If I had to guess, though, I think Harry Styles is some sort of fashionista. I don’t know if that’s a gendered word. A fashionister? Or maybe fashionisto? fashionistx? As an aside, I heard someone refer to a number of major league baseball players as Latinx, which confused me because I thought we were only supposed to use Latinx to refer to a group with both Latinos and Latinas. Is Latino offensive even if it’s a group of males of Latin American origin? Of course, I’m only asking the white people this, because no person of Latin American origin uses the phrase Latinx because it makes absolutely no fucking sense in Spanish.
Sorry, where was I? Right. Harry Styles. I couldn’t figure out why Harry Styles was making headlines for things like who he was dating or his new hairstyle. I mean, even when the dude was relevant, what, twenty years ago, I would never have called him hip.
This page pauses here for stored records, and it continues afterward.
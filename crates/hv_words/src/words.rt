//! The words of the command line.

ghost use Rattle.std.specs.Prelude.{◌≡◌, ⊤, map, Some, None, IfOk, IfErr};
ghost use Rattle.clap.specs.Words.{Row, found_of, rows_of};
ghost use Rattle.hv_words.specs.CommandLine.{AsksFor, refusal, settings_of, settings_in, emit_in, emit_of_text, synth_in, number_in, whole_in, byte_in, named, refusal_of_settings};
ghost use Rattle.hv_words.specs.Answers.{Answers, HasLine, Rejects};

use crate::command::{PROGRAM_NAME, encoder_command};
use crate::refusal::{WordsError, refused};
use clap::error::ErrorKind;
use clap::{ArgMatches, Command};
use hv_types::{Config, Emit, Settings, SynthSpec, Words};
use std::alloc::{AllocError, Global};

/// The settings that the words ask for, tested.
///
/// The words, without the program's name, are options with one value each, as `--qp 30` or
/// `--qp=30`, each at most once and in any order. `--width` and `--height` must be there. Else the
/// defaults are `--qp 32 --levels 3 --group 16 --workers 1 --effort 2 --segment 4 --emit stream`,
/// no `--synth`, and `--pictures 60`, which says nothing without `--synth`. `--emit` is `stream` or
/// `recon`, and the others are whole numbers below 2^32, of which a value above 255 for `--qp` to
/// `--segment` stands as 255.
///
/// `Parse` comes just where `clap` refuses the words, also for `--help`, or `--emit` has another
/// value, and `Config` where the settings have a fault. `NoMemory` may come at any time.
pub fn config_of_words(alloc: Global, words: &Words) -> Result<Config, WordsError>
    ensures ok { IfOk result (λ config. AsksFor words.now config) }
    ensures err { IfErr result (Answers (refusal words.now)) }
    ensures text { IfErr result HasLine }
{
    match settings_of_words(alloc, words) {
        Ok(settings) => checked(settings),
        Err(error) => Err(error),
    }
}

/// Tests settings.
fn checked(settings: Settings) -> Result<Config, WordsError>
    ensures ok { IfOk result (λ config.
        (config ≡ settings) × (refusal_of_settings (Some settings) ≡ None)) }
    ensures err { IfErr result (Answers (refusal_of_settings (Some settings))) }
    ensures text { IfErr result HasLine }
{
    match Config::checked(settings) {
        Ok(config) => Ok(config),
        Err(error) => Err(WordsError::Config { error }),
    }
}

/// The settings that the words ask for, if they are those of the command. A value of `--emit` that
/// is none of its two is the one thing that is refused behind `clap`.
fn settings_of_words(alloc: Global, words: &Words) -> Result<Settings, WordsError>
    ensures ok { IfOk result (λ settings. settings_of words.now ≡ Some settings) }
    ensures err { IfErr result (Rejects (settings_of words.now ≡ None)) }
    ensures text { IfErr result HasLine }
{
    let texts = texts_of_words(alloc, words)?;
    let mut command = encoder_command(alloc)?;
    match command.try_get_matches_from_mut(texts.as_slice()) {
        Ok(matches) => match settings_of_matches(&matches) {
            Some(settings) => Ok(settings),
            None => Err(emit_refused(alloc, &mut command, matches.get_str("emit").unwrap_or(""))),
        },
        Err(error) => Err(refused(alloc, &error)),
    }
}

/// The program's name and the words.
fn texts_of_words(alloc: Global, words: &Words) -> Result<Vec<&str>, AllocError>
    ensures { IfOk result (λ texts. map (λ s. s.now) texts.items ≡ named words.now) }
{
    let mut texts = Vec::new(alloc);
    texts.push(PROGRAM_NAME)?;
    for i in 0..words.count() {
        texts.push(words.word(i))?;
    }
    Ok(texts)
}

/// The settings that matches of the command ask for, or `None` where `--emit` has another value
/// than its two.
fn settings_of_matches(matches: &ArgMatches<'_>) -> Option<Settings>
    ensures { result ≡ settings_in (rows_of (found_of matches.now)) }
{
    Some(Settings {
        width: whole(matches, "width"),
        height: whole(matches, "height"),
        qp: byte(matches, "qp"),
        levels: byte(matches, "levels"),
        group: byte(matches, "group"),
        workers: byte(matches, "workers"),
        effort: byte(matches, "effort"),
        segment: byte(matches, "segment"),
        emit: emit(matches)?,
        synth: synth(matches),
    })
}

/// The number of an option, where it has one.
fn number(matches: &ArgMatches<'_>, name: &str) -> Option<u32>
    ensures { result ≡ number_in (rows_of (found_of matches.now)) name.now }
{
    matches.get_one::<u32>(name)
}

/// The number of an option that has one.
fn whole(matches: &ArgMatches<'_>, name: &str) -> u32
    ensures { result ≡ whole_in (rows_of (found_of matches.now)) name.now }
{
    number(matches, name).unwrap_or(0)
}

/// The number of an option that has one, where a value above 255 stands as 255.
fn byte(matches: &ArgMatches<'_>, name: &str) -> u8
    ensures { result ≡ byte_in (rows_of (found_of matches.now)) name.now }
{
    whole(matches, name).min(255) as u8
}

/// What is written, if it is one of the two.
fn emit(matches: &ArgMatches<'_>) -> Option<Emit>
    ensures { result ≡ emit_in (rows_of (found_of matches.now)) }
{
    emit_of_text(matches.get_str("emit")?)
}

/// The value of `--emit` with this text.
fn emit_of_text(text: &str) -> Option<Emit>
    ensures { result ≡ emit_of_text text.now }
{
    if text == "stream" {
        Some(Emit::Stream)
    } else if text == "recon" {
        Some(Emit::Recon)
    } else {
        None
    }
}

/// The generator, if one is asked for.
fn synth(matches: &ArgMatches<'_>) -> Option<SynthSpec>
    ensures { result ≡ synth_in (rows_of (found_of matches.now)) }
{
    Some(SynthSpec {
        seed: number(matches, "synth")?,
        pictures: whole(matches, "pictures"),
    })
}

/// What is said of another value of `--emit` than its two, in the form of `clap`.
fn emit_refused(alloc: Global, command: &mut Command<'_>, value: &str) -> WordsError
    ensures rejects { Rejects ⊤ result }
    ensures text { HasLine result }
{
    let Ok(message) = format!(in alloc;
        "invalid value '{value}' for '--emit <VALUE>'\n  [possible values: stream, recon]"
    ) else {
        return WordsError::NoMemory;
    };
    match command.error(ErrorKind::InvalidValue, message.as_str()) {
        Ok(error) => refused(alloc, &error),
        Err(_) => WordsError::NoMemory,
    }
}
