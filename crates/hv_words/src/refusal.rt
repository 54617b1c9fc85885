//! Why words are refused.

ghost use Rattle.std.specs.Prelude.{◌≡◌, ◌≢◌, IfOk, string_bytes};
ghost use Rattle.clap.specs.Values.{kind_of};
ghost use Rattle.clap.specs.declared.error.kind.ErrorKind.TheVariants.{OutOfMemory};
ghost use Rattle.hv_words.specs.Answers.{HasLine, IsLine, Rejects};

use clap::error::ErrorKind;
use hv_types::ConfigError;
use std::alloc::{AllocError, Global};
use thiserror::Error;

/// Why the words of a command line are refused. Its text is the line of the report.
#[derive(Debug, Drop, Error)]
pub enum WordsError {
    /// The words are no command line of this program, or ask for help. The text is `clap`'s, and
    /// ends with a line feed.
    #[error("{text}")]
    Parse { text: String },
    /// The settings that they ask for have this fault.
    #[error("{error}")]
    Config { error: ConfigError },
    /// There was not enough memory to read them.
    #[error("no memory")]
    NoMemory,
}

impl From<AllocError> for WordsError {
    ghost use Rattle.hv_words.specs.declared.refusal.WordsError.TheVariants.{NoMemory};

    ghost from_gives = { λ _ e. e ≡ NoMemory };

    fn from(_error: AllocError) -> WordsError {
        WordsError::NoMemory
    }
}

/// What an error of `clap` says of the words.
pub(crate) fn refused(alloc: Global, error: &clap::Error) -> WordsError
    ensures rejects { Rejects (kind_of error.now ≢ OutOfMemory) result }
    ensures text { HasLine result }
{
    if error.kind() == ErrorKind::OutOfMemory {
        return WordsError::NoMemory;
    }
    match text_of_error(alloc, error) {
        Ok(text) => WordsError::Parse { text },
        Err(_) => WordsError::NoMemory,
    }
}

/// The text of an error, with one line feed behind it.
fn text_of_error(alloc: Global, error: &clap::Error) -> Result<String, AllocError>
    ensures { IfOk result (λ text. IsLine (string_bytes text)) }
{
    let shown = format!(in alloc; "{error}")?;
    let mut text = String::from_str(alloc, shown.trim_end())?;
    text.push_str("\n")?;
    Ok(text)
}
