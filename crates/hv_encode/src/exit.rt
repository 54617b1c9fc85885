//! The exit code of an encoding.

ghost use Rattle.std.specs.Prelude.{◌≡◌, ◌⊎◌, ℕ, List, Some, length, IsTrue};
ghost use Rattle.hv_types.specs.declared.settings.Settings.{Settings as SettingsSeen};
ghost use Rattle.hv_types.specs.Outside.{Rises};
ghost use Rattle.hv_model.specs.InterPictures.{output};
ghost use Rattle.hv_words.specs.CommandLine.{AsksFor, IsRefused};
ghost use Rattle.hv_serial.specs.Transfers.{Grows};
ghost use Rattle.hv_serial.specs.Outcomes.{pictures_in};
ghost use Rattle.hv_run.specs.Input.{input, is_generated};
ghost use Rattle.hv_run.specs.Statuses.{code_of, status_due};

use hv_run::run_encode;
use hv_types::{OpenGate, Sink, Source, Words};
use std::alloc::Global;
use std::sync::Wait;
use std::thread::Threads;

/// Encodes the source's video into the sink, or that of the generator that the words name, and
/// gives the exit code: 2 where the words are refused; where they are accepted and nothing fails,
/// that of the status which the length of the input asks for; and in both cases 6, where there was
/// not enough memory.
pub(crate) fn encode_to_exit<S: Source, K: Sink, P: Sink, R: Threads + Wait + Sync>(
    rt: &R,
    alloc: Global,
    words: &Words,
    source: &mut S,
    out: &mut K,
    report: &mut P,
) -> u8
    ensures refused { IsRefused words.now → (result ≡ 2) ⊎ (result ≡ 6) }
    ensures refused_source { IsRefused words.now → source.new ≡ source.old }
    ensures refused_out { IsRefused words.now → out.new ≡ out.old }
    ensures due { (cfg : SettingsSeen) (bytes : List ℕ) → AsksFor words.now cfg →
        input cfg (S.left source.old) ≡ Some bytes →
        ¬ Rises (S.faults source.old) (S.faults source.new) →
        ¬ Rises (K.faults out.old) (K.faults out.new) →
        ¬ Rises (P.faults report.old) (P.faults report.new) →
        (result ≡ 6) ⊎ (result ≡ code_of (status_due cfg (length bytes))) }
    ensures whole { (cfg : SettingsSeen) (bytes : List ℕ) → AsksFor words.now cfg →
        input cfg (S.left source.old) ≡ Some bytes → result ≡ 0 →
        Grows (K.written out.old) (K.written out.new) (output cfg (pictures_in cfg bytes)) }
    ensures generated { (cfg : SettingsSeen) → AsksFor words.now cfg → IsTrue (is_generated cfg) →
        source.new ≡ source.old }
    ensures read_fault { result ≡ 3 → Rises (S.faults source.old) (S.faults source.new) }
    ensures write_fault { result ≡ 5 → Rises (K.faults out.old) (K.faults out.new) }
    ensures report_fault { result ≡ 8 → Rises (P.faults report.old) (P.faults report.new) }
{
    run_encode(rt, alloc, words, source, out, report, &OpenGate).code()
}
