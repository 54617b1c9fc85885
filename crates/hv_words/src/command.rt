//! The command of the program, for `clap`: its options, their defaults, and the text for users.

ghost use Rattle.std.specs.Prelude.{◌≡◌, IfOk, false};
ghost use Rattle.clap.specs.Words.{app_of, rule_of};
ghost use Rattle.hv_words.specs.Command.{command, number, option, or_else, program_name, required};

use clap::{Arg, ArgAction, Command, value_parser};
use std::alloc::{AllocError, Global};

/// The name that stands before the words, and in the texts for users.
pub(crate) const PROGRAM_NAME: &str = "hv_encode";

// ---- the texts for users

const ABOUT: &str = "Encodes raw video, 8-bit 4:2:0, from standard input to an H.265 byte stream \
    on standard output";

const AFTER_HELP: &str = "More workers than one encode as one does.";

const WIDTH: &str = "Width of a picture in luma samples: even, 8 to 4096";

const HEIGHT: &str = "Height of a picture in luma samples: even, 8 to 2176";

const QP: &str = "Quantiser, 0 to 51: a higher one gives fewer bytes and a coarser picture";

const LEVELS: &str = "How often the span between two anchor pictures is halved, 0 to 3";

const GROUP: &str = "Pictures of a group, which is decoded without the others, 1 to 64";

const WORKERS: &str = "Threads that encode, 1 to 16";

const EFFORT: &str = "How much is tried for each block, 0 (nothing) to 2 (most)";

const SEGMENT: &str = "Blocks of 64x64 that a thread encodes at a stretch, 1 to 64";

const EMIT: &str = "What is written: stream, or recon for the pictures that a decoder shows, raw";

const SYNTH: &str = "Encodes a generated video and reads no input: its seed, 0 to 4294967295";

const PICTURES: &str = "Pictures of the generated video, 0 to 400000; unused without --synth";

/// The command.
pub(crate) fn encoder_command<'a>(alloc: Global) -> Result<Command<'a>, AllocError>
    ensures { IfOk result (λ c. app_of c ≡ command) }
{
    Command::new(alloc, PROGRAM_NAME)
        .about(ABOUT)
        .after_help(AFTER_HELP)
        .arg(required_number(alloc, "width", WIDTH))?
        .arg(required_number(alloc, "height", HEIGHT))?
        .arg(number_or(alloc, "qp", "32", QP))?
        .arg(number_or(alloc, "levels", "3", LEVELS))?
        .arg(number_or(alloc, "group", "16", GROUP))?
        .arg(number_or(alloc, "workers", "1", WORKERS))?
        .arg(number_or(alloc, "effort", "2", EFFORT))?
        .arg(number_or(alloc, "segment", "4", SEGMENT))?
        .arg(any_or(alloc, "emit", "stream", EMIT))?
        .arg(number_option(alloc, "synth", SYNTH))?
        .arg(number_or(alloc, "pictures", "60", PICTURES))
}

/// An option of any value.
fn any_option<'a>(alloc: Global, name: &'a str, help: &'a str) -> Arg<'a>
    ensures rule { rule_of result ≡ option name.entry.now }
    ensures local { result.global ≡ false }
{
    Arg::new(alloc, name)
        .long(name)
        .action(ArgAction::Set)
        .value_name("VALUE")
        .help(help)
}

/// An option of any value that has a default.
fn any_or<'a>(alloc: Global, name: &'a str, default: &'a str, help: &'a str) -> Arg<'a>
    ensures rule { rule_of result ≡ or_else (option name.entry.now) default.entry.now }
    ensures local { result.global ≡ false }
{
    any_option(alloc, name, help).default_value(default)
}

/// An option of a whole number below 2^32.
fn number_option<'a>(alloc: Global, name: &'a str, help: &'a str) -> Arg<'a>
    ensures rule { rule_of result ≡ number name.entry.now }
    ensures local { result.global ≡ false }
{
    any_option(alloc, name, help)
        .value_name("NUMBER")
        .value_parser(value_parser!(u32))
}

/// An option of a number that has a default.
fn number_or<'a>(alloc: Global, name: &'a str, default: &'a str, help: &'a str) -> Arg<'a>
    ensures rule { rule_of result ≡ or_else (number name.entry.now) default.entry.now }
    ensures local { result.global ≡ false }
{
    number_option(alloc, name, help).default_value(default)
}

/// An option of a number that has to be there.
fn required_number<'a>(alloc: Global, name: &'a str, help: &'a str) -> Arg<'a>
    ensures rule { rule_of result ≡ required (number name.entry.now) }
    ensures local { result.global ≡ false }
{
    number_option(alloc, name, help).required(true)
}
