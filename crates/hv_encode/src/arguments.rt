//! The arguments of the program as words.

ghost use Rattle.std.specs.Prelude.{◌≡◌, ◌≢◌, codes, drop, map, string_bytes, IfSome};
ghost use Rattle.std.specs.Vec.Iter.{into_iter_items};
ghost use Rattle.hv_serial.specs.Transfers.{put};
ghost use Rattle.hv_run.specs.Report.{Reports};

use hv_serial::write_all;
use hv_types::{Sink, Words};
use std::alloc::Global;
use std::env::Args;
use std::io::ErrorKind;

/// The exit code of words that are refused, which an argument that isn't UTF-8 has too.
const REFUSED: u8 = 2;

/// The exit code where the arguments can't be read or kept, which no status has.
pub(crate) const NO_ARGUMENTS: u8 = 1;

/// The words behind the program's name, all of them in their order, or `None` where they can't be
/// kept.
pub(crate) fn words_behind_name(alloc: Global, mut arguments: Args) -> Option<Words>
    ensures { IfSome result (λ words.
        words ≡ map string_bytes (drop 1 (into_iter_items arguments))) }
{
    let _name = arguments.next();
    let mut words = Words::new(alloc);
    while let Some(word) = arguments.next() {
        if words.count() >= u32::MAX - 1 {
            return None;
        }
        words.push(&word).ok()?;
    }
    Some(words)
}

/// The exit code where the system gives no arguments, with a line on the report where one of them
/// isn't UTF-8: the system has no text for it then.
pub(crate) fn without_arguments<P: Sink>(report: &mut P, kind: ErrorKind) -> u8
    ensures refused { kind ≡ ErrorKind.InvalidData → result ≡ 2 }
    ensures refused_report { kind ≡ ErrorKind.InvalidData →
        Reports (put P.written P.faults report.old report.new)
        (codes "error: an argument isn't UTF-8\n") }
    ensures other { kind ≢ ErrorKind.InvalidData → result ≡ 1 }
    ensures other_report { kind ≢ ErrorKind.InvalidData → report.new ≡ report.old }
{
    if kind == ErrorKind::InvalidData {
        let _ = write_all(report, b"error: an argument isn't UTF-8\n");
        REFUSED
    } else {
        NO_ARGUMENTS
    }
}
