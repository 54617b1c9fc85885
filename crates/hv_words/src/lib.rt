//! The words of the command line: the settings that they ask for, or why they are refused.
#![tactic(auto)]

mod command;
mod refusal;
#[cfg(test)]
mod tests;
mod words;

pub use refusal::WordsError;
pub use words::config_of_words;
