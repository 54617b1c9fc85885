//! Standard output as a sink that says at its end whether the system has room for what was written.

ghost use Rattle.std.specs.Prelude.{◌≡◌};

use hv_types::{Failed, Sink, StdSink};
use std::fs::{File, Files, OpenFile};
use std::io::{self, ErrorKind, Stdout};
use std::marker::Model;

/// The system's name for what standard output stands for.
const STANDARD_OUTPUT: &str = "/proc/self/fd/1";

/// Standard output as a sink, which tells no bytes. Some file systems, as those with quotas or over
/// a network, say only later that they have no room for what they took: so its end asks the system
/// to synchronise the file. Contracts see the count of faults.
#[derive(Drop)]
pub(crate) struct StandardOutput<'a, R: Files> {
    sink: StdSink<Stdout>,
    files: &'a R,
    refused_ends: u64,
}

impl<'a, R: Files> Model for StandardOutput<'a, R> {
    ghost use Rattle.std.specs.Prelude.{ℕ, ◌+◌};

    ghost Value = { ℕ };

    ghost view = { λ s. s.sink.faults + s.refused_ends };
}

impl<'a, R: Files> StandardOutput<'a, R> {
    /// Standard output, of which no write has failed.
    pub(crate) fn new(stdout: Stdout, files: &'a R) -> Self
        ensures { result ≡ 0 }
    {
        StandardOutput {
            sink: StdSink::new(stdout),
            files,
            refused_ends: 0,
        }
    }
}

impl<'a, R: Files> Sink for StandardOutput<'a, R> {
    ghost use Rattle.std.specs.Prelude.{None};

    ghost written = { λ _. None };

    ghost faults = { λ s. s };

    /// Writes as `StdSink` does.
    fn write(&mut self, piece: &[u8]) -> Result<usize, Failed> {
        self.sink.write(piece)
    }

    /// Flushes, and has the file synchronised where standard output is one.
    fn end(&mut self) -> Result<(), Failed> {
        self.sink.end()?;
        if synchronise(self.files).is_err() {
            self.refused_ends = self.refused_ends.saturating_add(1);
            return Err(Failed);
        }
        Ok(())
    }
}

/// Has the file synchronised that standard output stands for. What can't be opened anew, as a
/// socket, and what can't be synchronised, as a pipe or a terminal, has nothing to say.
fn synchronise<R: Files>(files: &R) -> io::Result<()> {
    let Ok(file) = File::open(files, STANDARD_OUTPUT) else {
        return Ok(());
    };
    match file.sync_all() {
        Err(error) if error.kind() == ErrorKind::InvalidInput => Ok(()),
        answer => answer,
    }
}
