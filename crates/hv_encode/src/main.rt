//! The program `hv_encode`: raw video on standard input, an H.265 byte stream on standard output,
//! and a line of how that ended on standard error.
#![tactic(auto)]

mod arguments;
mod exit;
mod standard_output;
#[cfg(test)]
mod tests;

use crate::arguments::{NO_ARGUMENTS, without_arguments, words_behind_name};
use crate::exit::encode_to_exit;
use crate::standard_output::StandardOutput;
use hv_types::{StdSink, StdSource};
use std::env;
use std::process::ExitCode;

fn main(rt: HostRuntime) -> ExitCode {
    let alloc = rt.alloc();
    let mut report = StdSink::new(rt.stderr());
    let arguments = match env::args(&rt) {
        Ok(arguments) => arguments,
        Err(error) => return ExitCode::from(without_arguments(&mut report, error.kind())),
    };
    let Some(words) = words_behind_name(alloc, arguments) else {
        return ExitCode::from(NO_ARGUMENTS);
    };
    let mut source = StdSource::new(rt.stdin());
    let mut out = StandardOutput::new(rt.stdout(), &rt);
    let code = encode_to_exit(&rt, alloc, &words, &mut source, &mut out, &mut report);
    ExitCode::from(code)
}
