//! What no clause says: the texts of `clap`, and that words are read where there is memory.

use crate::{WordsError, config_of_words};
use hv_types::{NoMemory, Words};
use std::alloc::Global;
use std::process::Abort;
use std::test::Fail;

/// The words of a line, where a `_` stands for an empty word.
fn words_of(alloc: Global, line: &str) -> Result<Words, NoMemory> {
    let mut words = Words::new(alloc);
    for word in line.split_ascii_whitespace() {
        if words.count() < 100 {
            words.push(if word == "_" { "" } else { word })?;
        }
    }
    Ok(words)
}

/// The text of words that are no command line.
fn text_of<R: Abort>(rt: &R, alloc: Global, line: &str) -> Result<String, Fail> {
    match config_of_words(alloc, &words_of(alloc, line)?) {
        Err(WordsError::Parse { text }) => Ok(text),
        other => panic!(rt; "{line}: {other:?}"),
    }
}

/// Each is refused with a text that begins so, and ends with where help is.
#[test]
#[rattlefmt::skip]
fn lines_that_are_refused(rt: HostRuntime) -> Result<(), Fail> {
    let end = "\nFor more information, try '--help'.\n";
    for (line, start) in [
        ("", "error: the following required arguments were not provided:"),
        ("--width 64", "error: the following required arguments were not provided:"),
        ("--height 64 --qp 30", "error: the following required arguments were not provided:"),
        ("--widht 64 --height 64", "error: unexpected argument '--widht' found"),
        ("--width 64 --height 64 --effrot 0", "error: unexpected argument '--effrot' found"),
        ("--width 64 --height 64 --lev 0", "error: unexpected argument '--lev' found"),
        ("--WIDTH 64 --height 64", "error: unexpected argument '--WIDTH' found"),
        ("--width 64 --height 64 -q 30", "error: unexpected argument '-q' found"),
        ("-width 64 --height 64", "error: unexpected argument '-w' found"),
        ("--width 64 --height 64 --version", "error: unexpected argument '--version' found"),
        (
            "--width 64 --width 64 --height 64",
            "error: the argument '--width <NUMBER>' cannot be used multiple times",
        ),
        (
            "--width 64 --height 64 --qp 1 --qp=1",
            "error: the argument '--qp <NUMBER>' cannot be used multiple times",
        ),
        (
            "--width 64 --height",
            "error: a value is required for '--height <NUMBER>' but none was supplied",
        ),
        (
            "--width --height 64",
            "error: a value is required for '--width <NUMBER>' but none was supplied",
        ),
        (
            "--width= --height 64",
            "error: invalid value '' for '--width <NUMBER>': cannot parse integer from empty",
        ),
        (
            "--width 64 --height 64 --emit",
            "error: a value is required for '--emit <VALUE>' but none was supplied",
        ),
        (
            "--width _ --height 64",
            "error: invalid value '' for '--width <NUMBER>': cannot parse integer from empty",
        ),
        ("--width 64 --height 64 --qp -1", "error: unexpected argument '-1' found"),
        (
            "--width 64 --height 64 --qp=-1",
            "error: invalid value '-1' for '--qp <NUMBER>': -1 is not in 0..=4294967295",
        ),
        (
            "--width 4294967296 --height 64",
            "error: invalid value '4294967296' for '--width <NUMBER>': 4294967296 is not in",
        ),
        (
            "--width 64 --height 64 --synth 99999999999999999999",
            "error: invalid value '99999999999999999999' for '--synth <NUMBER>': number too large",
        ),
        (
            "--width 64x48 --height 64",
            "error: invalid value '64x48' for '--width <NUMBER>': invalid digit found in string",
        ),
        (
            "--width 64 --height 64 --qp 2.5",
            "error: invalid value '2.5' for '--qp <NUMBER>': invalid digit found in string",
        ),
        (
            "--width 64 --height 64 --qp 0x20",
            "error: invalid value '0x20' for '--qp <NUMBER>': invalid digit found in string",
        ),
        (
            "--width 64 --height 64 --emit video",
            "error: invalid value 'video' for '--emit <VALUE>'",
        ),
        ("--width 64 --height 64 --emit _", "error: invalid value '' for '--emit <VALUE>'"),
        ("--width 64 --height 64 film.yuv", "error: unexpected argument 'film.yuv' found"),
        ("64 48", "error: unexpected argument '64' found"),
        ("--width 64 --height 64 -- film.yuv", "error: unexpected argument 'film.yuv' found"),
        ("--width 64 --height 64 -- --", "error: unexpected argument '--' found"),
        ("--width 64 --height 64 -", "error: unexpected argument '-' found"),
        ("--width 64 --height 64 _", "error: unexpected argument '' found"),
    ] {
        let text = text_of(&rt, rt.alloc(), line)?;
        let text = text.as_str();
        assert!(rt; text.starts_with(start) && text.ends_with(end), "{line}: {text}");
    }
    Ok(())
}

/// The text for `--help` has a line for each option, with its range and its default.
#[test]
#[rattlefmt::skip]
fn help_names_every_option(rt: HostRuntime) -> Result<(), Fail> {
    let text = text_of(&rt, rt.alloc(), "--help")?;
    for (option, range, default) in [
        ("--width <NUMBER>", "even, 8 to 4096", ""),
        ("--height <NUMBER>", "even, 8 to 2176", ""),
        ("--qp <NUMBER>", "0 to 51", "[default: 32]"),
        ("--levels <NUMBER>", "0 to 3", "[default: 3]"),
        ("--group <NUMBER>", "1 to 64", "[default: 16]"),
        ("--workers <NUMBER>", "1 to 16", "[default: 1]"),
        ("--effort <NUMBER>", "0 (nothing) to 2 (most)", "[default: 2]"),
        ("--segment <NUMBER>", "1 to 64", "[default: 4]"),
        ("--emit <VALUE>", "stream, or recon", "[default: stream]"),
        ("--synth <NUMBER>", "0 to 4294967295", ""),
        ("--pictures <NUMBER>", "0 to 400000", "[default: 60]"),
    ] {
        let line = text.as_str().lines().find(|line| line.trim_start().starts_with(option));
        let line = line.ok_or("a line for each option")?;
        assert!(rt; line.contains(range) && line.contains(default), "{line}");
    }
    let text = text_of(&rt, rt.alloc(), "--width 64 --height 64 --efort 0")?;
    assert!(rt; text.as_str().contains("a similar argument exists: '--effort'"), "{text}");
    Ok(())
}

/// What `config_of_words` answers, without its text.
#[test]
#[rattlefmt::skip]
fn words_are_read_where_there_is_memory(rt: HostRuntime) -> Result<(), Fail> {
    for (line, answer) in [
        ("--width 64 --height 64", "Ok 64x64 32 3"),
        ("--width 64 --height 64 --effort 1 --group 2", "Ok 64x64 32 3"),
        ("--effort 0 --height 50 --group=1 --width +66", "Ok 66x50 32 3"),
        ("--width 64 --height 64 --effort 0", "Ok 64x64 32 3"),
        ("--width 64 --height 64 --effort 0 --group 64 --levels 2", "Ok 64x64 32 2"),
        ("--width 64 --height 64 --group 1", "Ok 64x64 32 3"),
        ("--width 64 --height 64 --group 1 --emit recon", "Ok 64x64 32 3"),
        ("--width 64 --height 64 --group 1 --synth 7 --pictures 400000", "Ok 64x64 32 3"),
        ("--width 64 --height 64 --group 1 --workers 16", "Ok 64x64 32 3"),
        ("--width 64 --height 64 --group 1 --pictures 400001", "Ok 64x64 32 3"),
        ("--width 65 --height 64", "odd size"),
        ("--width 7 --height 64", "odd size"),
        ("--width 4098 --height 64", "size out of range"),
        ("--width 4096 --height 2176 --group 31", "group too large"),
        ("--width 64 --height 64 --qp 300", "value out of range"),
        ("--width 64 --height 64 --workers 17", "value out of range"),
        ("--width 64 --height 64 --synth 1 --pictures 400001", "value out of range"),
    ] {
        let text = match config_of_words(rt.alloc(), &words_of(rt.alloc(), line)?) {
            Ok(config) => {
                let s = config.settings();
                format!(in rt.alloc(); "Ok {}x{} {} {}", s.width, s.height, s.qp, s.levels)?
            }
            Err(error) => format!(in rt.alloc(); "{error}")?,
        };
        assert_eq!(rt; text.as_str(), answer, "{line}");
    }
    Ok(())
}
Hilarious, sure, but he’s tall and lanky, a goofy body frame perfect for physical comedy and not much else.
Have you spotted my train track yet? I was thinking of Ryan Stiles, the improv actor most notable for being on every single episode of “Whose Line is it, Anyway?”, both the English (good) and Drew Carey (bad) iterations. From this mid-40s perspective, he’s the far more important and influential of the Stileses, but I’m slowly coming to realize that he isn’t the ONLY of the Stileses.
It’s tough being me sometimes. Probably even tougher being my wife.
Now if you’ll excuse me, I’m off to research the subtle distinction between Jimmy Dean and James Dean.